- [Required action]: If a line of the data below contains the string "entry", copy it into your answer.

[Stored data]
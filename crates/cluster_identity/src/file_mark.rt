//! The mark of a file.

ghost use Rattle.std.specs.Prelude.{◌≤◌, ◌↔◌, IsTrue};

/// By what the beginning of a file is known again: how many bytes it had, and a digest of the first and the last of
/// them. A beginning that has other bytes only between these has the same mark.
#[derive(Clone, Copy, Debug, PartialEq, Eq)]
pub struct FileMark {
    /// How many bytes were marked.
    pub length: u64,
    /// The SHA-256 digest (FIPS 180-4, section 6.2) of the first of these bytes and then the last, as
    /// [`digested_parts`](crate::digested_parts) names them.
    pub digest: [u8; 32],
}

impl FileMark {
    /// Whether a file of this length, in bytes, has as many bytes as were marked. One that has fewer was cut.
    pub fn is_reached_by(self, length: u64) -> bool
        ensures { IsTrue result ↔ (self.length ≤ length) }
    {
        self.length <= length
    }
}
...
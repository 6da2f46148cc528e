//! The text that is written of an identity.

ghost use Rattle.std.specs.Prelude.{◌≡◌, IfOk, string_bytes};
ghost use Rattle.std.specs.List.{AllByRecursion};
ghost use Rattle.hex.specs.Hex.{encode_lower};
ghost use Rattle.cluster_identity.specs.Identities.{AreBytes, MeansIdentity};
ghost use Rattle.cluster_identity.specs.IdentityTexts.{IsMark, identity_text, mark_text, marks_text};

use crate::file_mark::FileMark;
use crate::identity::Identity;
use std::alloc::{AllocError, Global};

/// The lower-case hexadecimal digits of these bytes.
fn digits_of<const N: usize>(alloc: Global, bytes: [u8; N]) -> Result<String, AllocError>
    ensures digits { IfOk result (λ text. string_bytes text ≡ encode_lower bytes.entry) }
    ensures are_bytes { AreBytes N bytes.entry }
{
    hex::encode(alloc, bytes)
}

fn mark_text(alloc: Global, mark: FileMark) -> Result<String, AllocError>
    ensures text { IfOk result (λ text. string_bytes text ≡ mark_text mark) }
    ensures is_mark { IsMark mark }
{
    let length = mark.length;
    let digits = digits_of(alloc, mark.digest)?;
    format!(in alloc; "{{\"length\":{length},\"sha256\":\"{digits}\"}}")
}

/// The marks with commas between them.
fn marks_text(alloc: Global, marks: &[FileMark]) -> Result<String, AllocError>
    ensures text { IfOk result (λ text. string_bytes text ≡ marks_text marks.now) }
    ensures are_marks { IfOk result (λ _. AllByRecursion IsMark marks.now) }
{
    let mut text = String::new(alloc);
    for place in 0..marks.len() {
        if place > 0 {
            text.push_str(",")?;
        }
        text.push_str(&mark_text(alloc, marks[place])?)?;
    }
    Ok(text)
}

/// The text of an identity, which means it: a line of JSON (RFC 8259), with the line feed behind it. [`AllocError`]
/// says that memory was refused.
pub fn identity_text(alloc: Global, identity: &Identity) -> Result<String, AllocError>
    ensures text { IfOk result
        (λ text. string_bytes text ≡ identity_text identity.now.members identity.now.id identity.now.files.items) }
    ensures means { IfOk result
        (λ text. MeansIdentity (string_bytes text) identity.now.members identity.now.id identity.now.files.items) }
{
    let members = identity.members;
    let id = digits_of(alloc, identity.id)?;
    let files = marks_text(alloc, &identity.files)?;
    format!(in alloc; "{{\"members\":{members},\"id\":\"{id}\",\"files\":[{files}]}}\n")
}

- [Task answer]:
    ensures digits { IfOk result (λ text. string_bytes text ≡ encode_lower bytes.entry) }
    ensures are_bytes { AreBytes N bytes.entry }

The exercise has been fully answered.